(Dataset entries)
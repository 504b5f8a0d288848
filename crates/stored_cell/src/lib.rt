//! A topic with its journal, and with what of it is stored: what it calls durable stands in rows that were
//! committed.
#![tactic(auto)]

mod bases;
mod cell;
mod confirming;
pub mod deleting;
pub mod kept;
pub mod notes;
pub mod opening;
pub mod part;
mod saving;
mod viewed;

pub use bases::Bases;
pub use cell::StoredCell;
pub use deleting::Deletion;
pub use kept::Kept;
pub use notes::{Note, Notes};
pub use opening::{Loaded, Terms, opened_cell, restarted_cell};
pub use part::Part;
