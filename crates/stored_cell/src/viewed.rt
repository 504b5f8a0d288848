// Snapshots that were viewed or stored, with how far they reach.
ghost use Rattle.std.specs.Prelude.{◌≡◌, ◌+◌, length};
ghost use Rattle.delivery_machine.specs.Places.{MayRestart};
ghost use Rattle.stored_cell.specs.Noted.{IsStored};

use crate::kept::Kept;
use crate::notes::Note;
use delivery_machine::Snapshot;
use marks::{Mark, Naming};
use position_core::Ordinal;
use std::marker::Model;

/// How many messages the topic had at the snapshot, those that were gone among them: a trim leaves that number as it is.
pub(crate) fn had_at(snapshot: &Snapshot) -> u64
    ensures value { result ≡ snapshot.now.gone + length snapshot.now.log }
    ensures restarts { MayRestart snapshot.now }
{
    let stay = snapshot.log().count() as u64;
    snapshot.gone() + stay
}

/// A snapshot that was viewed and is not confirmed. Contracts see the snapshot.
pub struct Viewed<J: Naming> {
    mark: Mark<Note, J>,
    count: u64,
    ordinal: Ordinal,
}

impl<J: Naming> Drop for Viewed<J> {
    fn drop(self) {
        let Viewed {
            mark: _,
            count: _,
            ordinal: _,
        } = self;
    }
}

impl<J: Naming> Model for Viewed<J> {
    ghost use Rattle.std.specs.Prelude.{◌≡◌, ◌+◌, length};
    ghost use Rattle.std.specs.Coded.{codes};
    ghost use Rattle.delivery_machine.specs.Codes.{coded_places, coded_counts};
    ghost use Rattle.delivery_machine.specs.Places.{KeptTopic};

    ghost Value = { KeptTopic };

    ghost coded = { Prim.hlevel (codes, coded_places, coded_counts) };

    ghost view = { λ v. v.mark.kept };

    ghost invariant = { λ v. (v.count ≡ v.mark.kept.gone + length v.mark.kept.log) × (v.ordinal ≡ v.mark.kept.next_ordinal) };
}

impl<J: Naming> Viewed<J> {
    pub fn new(snapshot: &Snapshot, mark: Mark<Note, J>) -> Self
        requires { mark.kept ≡ snapshot.now }
        ensures { result ≡ snapshot.now }
    {
        Viewed {
            mark,
            count: had_at(snapshot),
            ordinal: snapshot.next_ordinal(),
        }
    }

    pub fn mark(&self) -> &Mark<Note, J>
        ensures { result.now.kept ≡ self.now }
    {
        &self.mark
    }

    /// How many messages the topic had, those that were gone among them.
    pub fn length(&self) -> u64
        ensures { result ≡ self.now.gone + length self.now.log }
    {
        self.count
    }

    /// The next death's, when it was viewed.
    pub fn ordinal(&self) -> Ordinal
        ensures { result ≡ self.now.next_ordinal }
    {
        self.ordinal
    }
}

/// A snapshot that stands in rows that were committed. Contracts see both.
pub struct Stored<J: Naming> {
    kept: Kept<J>,
    count: u64,
}

impl<J: Naming> Drop for Stored<J> {
    fn drop(self) {
        let Stored { kept: _, count: _ } = self;
    }
}

impl<J: Naming> Model for Stored<J> {
    ghost use Rattle.std.specs.Prelude.{◌≡◌, ◌+◌, length};
    ghost use Rattle.std.specs.Coded.{codes};
    ghost use Rattle.delivery_machine.specs.Codes.{coded_places, coded_counts};
    ghost use Rattle.stored_cell.specs.Noted.{Noted, IsStored};

    ghost Value = { Noted };

    ghost coded = { Prim.hlevel (codes, coded_places, coded_counts) };

    ghost view = { λ s. s.kept };

    ghost invariant = { λ s. (s.count ≡ s.kept.kept.gone + length s.kept.kept.log) × IsStored s.kept };
}

impl<J: Naming> Stored<J> {
    pub fn new(kept: Kept<J>, count: u64) -> Self
        requires { count ≡ kept.kept.gone + length kept.kept.log }
        ensures value { result ≡ kept }
        ensures stands { IsStored result }
    {
        kept.stands();
        Stored { kept, count }
    }

    pub fn kept(&self) -> &Kept<J>
        ensures { result.now ≡ self.now }
    {
        &self.kept
    }

    /// How many messages the topic had, those that were gone among them.
    pub fn length(&self) -> u64
        ensures { result ≡ self.now.kept.gone + length self.now.kept.log }
    {
        self.count
    }
}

■ **What to produce**
Your task is to repeat every entry above exactly.

■ **Answer to this task**
repository 504b5f8a0d288848
filename crates/stored_cell/src/lib.rt
//! A topic with its journal, and with what of it is stored: what it calls durable stands in rows that were
//! committed.
#![tactic(auto)]

mod bases;
mod cell;
mod confirming;
pub mod deleting;
pub mod kept;
pub mod notes;
pub mod opening;
pub mod part;
mod saving;
mod viewed;

pub use bases::Bases;
pub use cell::StoredCell;
pub use deleting::Deletion;
pub use kept::Kept;
pub use notes::{Note, Notes};
pub use opening::{Loaded, Terms, opened_cell, restarted_cell};
pub use part::Part;
filename crates/stored_cell/src/viewed.rt
repository 504b5f8a0d288848
// Snapshots that were viewed or stored, with how far they reach.
ghost use Rattle.std.specs.Prelude.{◌≡◌, ◌+◌, length};
ghost use Rattle.delivery_machine.specs.Places.{MayRestart};
ghost use Rattle.stored_cell.specs.Noted.{IsStored};

use crate::kept::Kept;
use crate::notes::Note;
use delivery_machine::Snapshot;
use marks::{Mark, Naming};
use position_core::Ordinal;
use std::marker::Model;

/// How many messages the topic had at the snapshot, those that were gone among them: a trim leaves that number as it is.
pub(crate) fn had_at(snapshot: &Snapshot) -> u64
    ensures value { result ≡ snapshot.now.gone + length snapshot.now.log }
    ensures restarts { MayRestart snapshot.now }
{
    let stay = snapshot.log().count() as u64;
    snapshot.gone() + stay
}

/// A snapshot that was viewed and is not confirmed. Contracts see the snapshot.
pub struct Viewed<J: Naming> {
    mark: Mark<Note, J>,
    count: u64,
    ordinal: Ordinal,
}

impl<J: Naming> Drop for Viewed<J> {
    fn drop(self) {
        let Viewed {
            mark: _,
            count: _,
            ordinal: _,
        } = self;
    }
}

impl<J: Naming> Model for Viewed<J> {
    ghost use Rattle.std.specs.Prelude.{◌≡◌, ◌+◌, length};
    ghost use Rattle.std.specs.Coded.{codes};
    ghost use Rattle.delivery_machine.specs.Codes.{coded_places, coded_counts};
    ghost use Rattle.delivery_machine.specs.Places.{KeptTopic};

    ghost Value = { KeptTopic };

    ghost coded = { Prim.hlevel (codes, coded_places, coded_counts) };

    ghost view = { λ v. v.mark.kept };

    ghost invariant = { λ v. (v.count ≡ v.mark.kept.gone + length v.mark.kept.log) × (v.ordinal ≡ v.mark.kept.next_ordinal) };
}

impl<J: Naming> Viewed<J> {
    pub fn new(snapshot: &Snapshot, mark: Mark<Note, J>) -> Self
        requires { mark.kept ≡ snapshot.now }
        ensures { result ≡ snapshot.now }
    {
        Viewed {
            mark,
            count: had_at(snapshot),
            ordinal: snapshot.next_ordinal(),
        }
    }

    pub fn mark(&self) -> &Mark<Note, J>
        ensures { result.now.kept ≡ self.now }
    {
        &self.mark
    }

    /// How many messages the topic had, those that were gone among them.
    pub fn length(&self) -> u64
        ensures { result ≡ self.now.gone + length self.now.log }
    {
        self.count
    }

    /// The next death's, when it was viewed.
    pub fn ordinal(&self) -> Ordinal
        ensures { result ≡ self.now.next_ordinal }
    {
        self.ordinal
    }
}

/// A snapshot that stands in rows that were committed. Contracts see both.
pub struct Stored<J: Naming> {
    kept: Kept<J>,
    count: u64,
}

impl<J: Naming> Drop for Stored<J> {
    fn drop(self) {
        let Stored { kept: _, count: _ } = self;
    }
}

impl<J: Naming> Model for Stored<J> {
    ghost use Rattle.std.specs.Prelude.{◌≡◌, ◌+◌, length};
    ghost use Rattle.std.specs.Coded.{codes};
    ghost use Rattle.delivery_machine.specs.Codes.{coded_places, coded_counts};
    ghost use Rattle.stored_cell.specs.Noted.{Noted, IsStored};

    ghost Value = { Noted };

    ghost coded = { Prim.hlevel (codes, coded_places, coded_counts) };

    ghost view = { λ s. s.kept };

    ghost invariant = { λ s. (s.count ≡ s.kept.kept.gone + length s.kept.kept.log) × IsStored s.kept };
}

impl<J: Naming> Stored<J> {
    pub fn new(kept: Kept<J>, count: u64) -> Self
        requires { count ≡ kept.kept.gone + length kept.kept.log }
        ensures value { result ≡ kept }
        ensures stands { IsStored result }
    {
        kept.stands();
        Stored { kept, count }
    }

    pub fn kept(&self) -> &Kept<J>
        ensures { result.now ≡ self.now }
    {
        &self.kept
    }

    /// How many messages the topic had, those that were gone among them.
    pub fn length(&self) -> u64
        ensures { result ≡ self.now.kept.gone + length self.now.kept.log }
    {
        self.count
    }
}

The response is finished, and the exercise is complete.